Initially, R was a mixed bag for me. While it excelled in statistical mathematics, its syntax and tools felt clumsy compared to general-purpose languages like Python. For example, simple things like filtering data required cumbersome syntax. I always felt that the language was designed by statisticians rather than programmers, making it excel in its own domain, but being a terrible programming language.
In the spring of 2024, I had to delve into R more deeply and was pleasantly surprised by the direction the language and its tools had taken. There have been several changes to the language itself but more importantly to its libraries and ecosystem, that have been steadily improving during the past years.
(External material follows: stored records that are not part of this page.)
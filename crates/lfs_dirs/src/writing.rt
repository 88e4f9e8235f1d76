//! Blocks with an entry more or less, or with another number.

ghost use Rattle.std.specs.Prelude.{◌≡◌, ℕ, ◌+◌, ◌-◌, ◌<◌, ◌≤◌, ◌++◌, ◌∷◌, ◌↔◌, [], None, false, drop, take, length, replicate, IfSome, IsSome, IsTrue, MatchOption, is_some, slice_index_or};
ghost use Rattle.lfs_dirs.specs.Directory.{IsDirectoryBlock, IsEntry, entry_bytes, number_in, renumbered, used_of, with_number, without};
ghost use Rattle.lfs_dirs.specs.Reading.{entries_of};

use crate::reading::{HEAD_SIZE, are_zeros, behind, entries};
use byteorder::{BigEndian, ByteOrder};
use lfs_types::block::{BLOCK_SIZE, Block};
use lfs_types::name::Name;

/// The block with an entry more at the end of its list, or None exactly where five bytes and the name
/// don't fit behind the entries.
pub fn added(block: &Block, name: &Name, number: u32) -> Option<Block>
    requires directory { IsDirectoryBlock block.now (entries_of block.now) }
    requires above { 0 < number }
    requires new_name { number_in name.now (entries_of block.now) ≡ None }
    ensures fits { IsSome result ↔ (used_of (entries_of block.now) + 5 + length name.now ≤ 512) }
    ensures block { IfSome result (λ b. IsDirectoryBlock b
        (entries_of block.now ++ (number, name.now) ∷ [])) }
    ensures listed { IfSome result (λ b. entries_of b
        ≡ entries_of block.now ++ (number, name.now) ∷ []) }
{
    let mut longer = *block;
    if add(&mut longer, name, number) {
        Some(longer)
    } else {
        None
    }
}

/// Puts an entry at the end of a block's list, and says whether five bytes and the name fit behind the entries. Where
/// they don't, the block stays.
pub fn add(block: &mut Block, name: &Name, number: u32) -> bool
    requires directory { IsDirectoryBlock block.old (entries_of block.old) }
    requires above { 0 < number }
    requires new_name { number_in name.now (entries_of block.old) ≡ None }
    ensures fits { IsTrue result
        ↔ (used_of (entries_of block.old) + 5 + length name.now ≤ 512) }
    ensures block { IsTrue result → IsDirectoryBlock block.new
        (entries_of block.old ++ (number, name.now) ∷ []) }
    ensures listed { IsTrue result → entries_of block.new
        ≡ entries_of block.old ++ (number, name.now) ∷ [] }
    ensures stays { result ≡ false → block.new ≡ block.old }
{
    let name = name.as_bytes();
    let size = HEAD_SIZE + name.len();
    // A block that is nearly full is known by the bytes at its end, with no walk along its entries.
    if !are_zeros(&block[BLOCK_SIZE - size..]) {
        return false;
    }
    let end = used(block);
    if BLOCK_SIZE - end < size {
        return false;
    }
    push_entry(block, end, number, name);
    true
}

/// The block without the entry of this name, closed up; None where it has none.
pub fn removed(block: &Block, name: &Name) -> Option<Block>
    requires { IsDirectoryBlock block.now (entries_of block.now) }
    ensures found { MatchOption result (number_in name.now (entries_of block.now) ≡ None)
        (λ b. IsSome (number_in name.now (entries_of block.now))) }
    ensures block { IfSome result (λ b. IsDirectoryBlock b
        (without name.now (entries_of block.now))) }
    ensures listed { IfSome result (λ b. entries_of b ≡ without name.now (entries_of block.now)) }
{
    let mut closed = *block;
    if remove(&mut closed, name) {
        Some(closed)
    } else {
        None
    }
}

/// Takes the entry of this name out of a block, which is closed up, and says whether there was one.
pub fn remove(block: &mut Block, name: &Name) -> bool
    requires { IsDirectoryBlock block.old (entries_of block.old) }
    ensures found { result ≡ is_some (number_in name.now (entries_of block.old)) }
    ensures block { IsDirectoryBlock block.new (without name.now (entries_of block.old)) }
    ensures listed { entries_of block.new ≡ without name.now (entries_of block.old) }
{
    let unwanted = name.as_bytes();
    let Some(rest) = behind(block, unwanted) else {
        return false;
    };
    let left = rest.len();
    let at = BLOCK_SIZE - left - HEAD_SIZE - unwanted.len();
    close_up(block, at, left);
    true
}

/// Moves the last `left` bytes of a block to place `at`, with zeros behind them.
fn close_up(block: &mut Block, at: usize, left: usize)
    requires { at + left ≤ 512 }
    ensures { block.new ≡ take at block.old ++ (drop (512 - left) block.old
        ++ replicate (512 - at - left) 0) }
{
    block.copy_within(BLOCK_SIZE - left.., at);
    block[at + left..].fill(0);
}

/// The block with another number in the entry of this name.
pub fn replaced(block: &Block, name: &Name, number: u32) -> Block
    requires directory { IsDirectoryBlock block.now (entries_of block.now) }
    requires listed { IsSome (number_in name.now (entries_of block.now)) }
    requires above { 0 < number }
    ensures block { IsDirectoryBlock result (renumbered name.now number (entries_of block.now)) }
    ensures listed { entries_of result ≡ renumbered name.now number (entries_of block.now) }
{
    let wanted = name.as_bytes();
    let mut other = [0; BLOCK_SIZE];
    let mut end = 0;
    for (old, name) in entries(block) {
        let given = number_for(name, wanted, old, number);
        end = push_entry(&mut other, end, given, name);
    }
    other
}

/// The number of an entry of this name, where the entry of the name wanted gets another.
fn number_for(name: &[u8], wanted: &[u8], old: u32, number: u32) -> u32
    ensures { result ≡ (with_number wanted.now number (old, name.now)).0 }
{
    if name == wanted { number } else { old }
}

/// How many bytes the entries of a directory block take: those before the zeros at its end, as no name ends in a zero.
fn used(block: &Block) -> usize
    requires { IsDirectoryBlock block.now (entries_of block.now) }
    ensures value { result ≡ used_of (entries_of block.now) }
    ensures small { result ≤ 512 }
{
    without_zeros(without_groups(block)).len()
}

/// The bytes before as many groups of eight zeros as stand at the end. A group is read as one number.
fn without_groups(bytes: &[u8]) -> &[u8]
    ensures { (n : ℕ) × (bytes.now ≡ result.now ++ replicate n 0) }
{
    let mut front = bytes;
    while let Some((rest, group)) = front.split_last_chunk::<8>() {
        if u64::from_be_bytes(*group) != 0 {
            return front;
        }
        front = rest;
    }
    front
}

/// The bytes before the zeros at the end.
fn without_zeros(bytes: &[u8]) -> &[u8]
    ensures zeros { (n : ℕ) × (bytes.now ≡ result.now ++ replicate n 0) }
    ensures last { 0 < slice_index_or result.now (length result.now - 1) 1 }
{
    let mut front = bytes;
    while let Some((last, rest)) = front.split_last() {
        if *last != 0 {
            return front;
        }
        front = rest;
    }
    front
}

/// Writes an entry behind the entries of a directory block, which end at `end`. Returns where they end
/// then.
fn push_entry(block: &mut Block, end: usize, number: u32, name: &[u8]) -> usize
    requires directory { IsDirectoryBlock block.old (entries_of block.old) }
    requires at_end { end ≡ used_of (entries_of block.old) }
    requires room { end + 5 + length name.now ≤ 512 }
    requires entry { IsEntry (number, name.now) }
    requires new_name { number_in name.now (entries_of block.old) ≡ None }
    ensures block { IsDirectoryBlock block.new (entries_of block.old ++ (number, name.now) ∷ []) }
    ensures listed { entries_of block.new ≡ entries_of block.old ++ (number, name.now) ∷ [] }
    ensures end { result ≡ end + 5 + length name.now }
{
    write_entry(&mut block[end..], number, name);
    end + HEAD_SIZE + name.len()
}

/// Writes the bytes of an entry over the front of others.
fn write_entry(out: &mut [u8], number: u32, name: &[u8])
    requires room { 5 + length name.now ≤ length out.old }
    requires short { length name.now < 256 }
    ensures { out.new ≡ entry_bytes (number, name.now) ++ drop (5 + length name.now) out.old }
{
    BigEndian::write_u32(out, number);
    out[HEAD_SIZE - 1] = name.len() as u8;
    out[HEAD_SIZE..HEAD_SIZE + name.len()].copy_from_slice(name);
}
The most important ones providing quality of life to a programmer are the Pipe operator and Tidyverse.
The Tidyverse, a collection of R packages designed for data science, has significantly improved the user experience. These packages share high-level design principles and similar programming interfaces, making R more cohesive and user-friendly.
The introduction of the native pipe operator |>, similar to Unix pipes and Java Streams, simplifies the chaining of functions and makes the code more readable and easier to reason about.
Example: Pipe Operator and Tidyverse
result = data | >
filter(condition) | >
mutate(new_var = old_var * 2) | >
summarize(mean_value = mean(new_var))
ggplot2, part of the Tidyverse, uses the "grammar of graphics" to create complex and flexible visualizations with simple syntax, enhancing the quality and ease of data visualization.
Tidymodels is Tidyverse's modeling and machine learning package. Its design principle is guiding the user towards best practices, making model training more straightforward and reliable.
Shiny is a powerful tool for building interactive web applications quickly, akin to Python's Dash. It allows for low-code rapid prototyping and deployment of data-driven applications.
Comparing R to Other Languages: A Programmer’s Perspective
For larger projects, I still prefer Python, especially for machine learning or neural networks. However, R's modern tools, particularly with the Tidyverse, have made it a viable and pleasant environment for data analysis.
A programming language is a tool for transferring thoughts to a computer. While I write Python faster due to familiarity, R's improvements have made it nearly as efficient for data-centric tasks. The paradigms offered by R and Pandas are quite similar, focusing on data frames and vectorized operations.
Overall, modern R, enhanced with Tidyverse, has proven to be a pleasant and efficient environment even for a programmer. Tools like RStudio and support in Visual Studio Code have improved, making the R ecosystem more robust and user-friendly. The improvements in package management and virtual environments have elevated R from just a scripting language to a legitimate software development environment.